====== MATERIAL SHOWN ======

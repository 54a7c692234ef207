//! Forms for some code, by the tables and the constants that are found for it.
ghost use Rattle.std.specs.Prelude.{◌≡◌, [], IfOk};
ghost use Rattle.isp_forms.specs.Tables.{forms_in, lists_of};
ghost use Rattle.isp_lanes_forms.specs.Begins.{BeginHarmless};

use crate::forms_are_harmless;
use crate::told::forms_of;
use isp_code::Code;
use isp_constants::{check as amounts_hold, find as find_constants};
use isp_forms::{FormTable, runs_by_forms};
use isp_lanes_read::{check, find};
use std::alloc::{AllocError, Global};

// No tables are looked for where a function has more instructions: the search looks at each with all vectors that are read later.
const MOST_LINES: usize = 8192;

/// Forms of the instructions of some code: as many are free or useless as the tables tell that are found for it, shifts are by the amounts that are known, and
/// no run can tell. All are kept where the checks do not take what was found, and where a function has more than 8,192 instructions. The error is that memory was refused.
pub fn forms_for(alloc: Global, code: &Code) -> Result<FormTable, AllocError>
    ensures { IfOk result (λ t. BeginHarmless code.now (forms_in (lists_of t))) }
{
    runs_by_forms();
    forms_are_harmless();
    if is_large(code) {
        return Ok(kept(alloc));
    }
    let tables = find(alloc, code)?;
    let constants = find_constants(alloc, code)?;
    let forms = forms_of(alloc, code, &tables, &constants)?;
    if check(code, &tables) && amounts_hold(code, &forms, &constants) {
        Ok(forms)
    } else {
        Ok(kept(alloc))
    }
}

fn is_large(code: &Code) -> bool {
    code.functions().iter().any(|f| f.code.len() > MOST_LINES)
}

// Forms that are all kept.
fn kept(alloc: Global) -> FormTable
    ensures { lists_of result ≡ [] }
{
    FormTable {
        functions: Vec::new(alloc),
    }
}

======

Find the word "alloc" in the entries above, then copy each line that holds it.

use std::alloc::{AllocError, Global};
pub fn forms_for(alloc: Global, code: &Code) -> Result<FormTable, AllocError>
        return Ok(kept(alloc));
    let tables = find(alloc, code)?;
    let constants = find_constants(alloc, code)?;
    let forms = forms_of(alloc, code, &tables, &constants)?;
        Ok(kept(alloc))
fn kept(alloc: Global) -> FormTable
        functions: Vec::new(alloc),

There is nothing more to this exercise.